*AIM OF THE EXERCISE*.
Go through the data below and return each line containing the word "List".

··· DATA EXCERPTS ···

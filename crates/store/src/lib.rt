// Stores into lent parts: numbers as little-endian bytes, over the start of the part.
#![tactic(auto)]

ghost use Rattle.std.specs.Prelude.{ℕ, ◌+◌, ◌*◌, ◌≤◌, List, length};
ghost use Rattle.rules.specs.Bytes.{bytes, each};
ghost use Rattle.store.specs.Filled.{Filled, numbers};
ghost use Rattle.store.specs.Records.{TakesRecords, Stores};

// v in w bytes at the start of s, the lowest first: one function and one law for 2, 4 and 8 bytes.
pub fn put(s: &mut [u8], w: usize, v: u64)
    requires { w ≤ length s.old }
    ensures { Filled (bytes w v) s.old s.new }
{
    let mut x = v;
    for byte in &mut s[..w] {
        *byte = (x % 256) as u8;
        x /= 256;
    }
}

// n records of one width, one after the other: `write` stores record i over the start of what it is lent.
pub fn records<F: Fn(usize, &mut [u8])>(s: &mut [u8], width: usize, n: usize, write: F)
    requires takes { TakesRecords F.Fn write width n }
    requires room { n * width ≤ length s.old }
    ensures { (f : ℕ → List ℕ) → Stores F.Fn write width n f → Filled (each f n) s.old s.new }
{
    for i in 0..n {
        write(i, &mut s[i * width..]);
    }
}

// n numbers of xs from the place `from` on, each in w bytes.
pub fn put_all(s: &mut [u8], w: usize, xs: &[u64], from: usize, n: usize)
    requires { (from + n ≤ length xs.now) × (n * w ≤ length s.old) }
    ensures { Filled (numbers w xs.now from n) s.old s.new }
{
    records(s, w, n, |i, part| put(part, w, xs[from + i]));
}

// The bytes of a piece at the start of s.
pub fn copy(s: &mut [u8], piece: &[u8])
    requires { length piece.now ≤ length s.old }
    ensures { Filled piece.now s.old s.new }
{
    s[..piece.len()].copy_from_slice(piece);
}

···

*REPLY TO THE TASK*.
ghost use Rattle.std.specs.Prelude.{ℕ, ◌+◌, ◌*◌, ◌≤◌, List, length};
    ensures { (f : ℕ → List ℕ) → Stores F.Fn write width n f → Filled (each f n) s.old s.new }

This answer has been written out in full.